*** Opening of EXERCISE MATERIAL ***

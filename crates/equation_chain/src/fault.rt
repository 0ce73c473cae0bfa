//! Why a certificate has no chain.
ghost use Rattle.equation_chain.specs.Faults.{IsMemory};
ghost use Rattle.equation_chain.specs.declared.fault.ChainFault.TheVariants as fault;

use coef_int::Overflow;
use cofactor_checker::Refusal;
use std::alloc::{AllocError, AllocFailed};
use thiserror::Error;

/// The first fault. Rows are numbered from 1 as in the certificate, those that are no steps too.
#[derive(Debug, Drop, Error)]
pub enum ChainFault {
    /// The certificate is not accepted.
    #[error(transparent)]
    Refused(Refusal),
    /// A product or a sum of the step in this row overflows.
    #[error("row {row}: {overflow}")]
    Overflow { row: u32, overflow: Overflow },
    /// A word of the step in this row has more than 500 letters, or the line after it more than 20,000 terms.
    #[error("the step in row {row} is too large")]
    Size { row: u32 },
    /// The lines up to the one after the step in this row have more than 10,000,000 letters together.
    #[error("the lines up to row {row} have more than 10,000,000 letters")]
    Long { row: u32 },
    /// Memory is short.
    #[error(transparent)]
    Memory(AllocError),
}

impl From<AllocError> for ChainFault {
    ghost from_gives = { λ _ e. IsMemory e };

    fn from(failed: AllocError) -> ChainFault {
        ChainFault::Memory(failed)
    }
}

impl<T: Drop> From<AllocFailed<T>> for ChainFault {
    ghost from_gives = { λ _ e. IsMemory e };

    fn from(_failed: AllocFailed<T>) -> ChainFault {
        ChainFault::Memory(AllocError)
    }
}

impl From<Refusal> for ChainFault {
    ghost use Rattle.std.specs.Prelude.{◌≡◌};

    ghost from_gives = { λ refusal e. e ≡ fault.Refused refusal };

    fn from(refusal: Refusal) -> ChainFault {
        ChainFault::Refused(refusal)
    }
}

*** Close of EXERCISE MATERIAL ***

All lines with the word "more" should be copied from the material above.

    /// A word of the step in this row has more than 500 letters, or the line after it more than 20,000 terms.
    /// The lines up to the one after the step in this row have more than 10,000,000 letters together.
    #[error("the lines up to row {row} have more than 10,000,000 letters")]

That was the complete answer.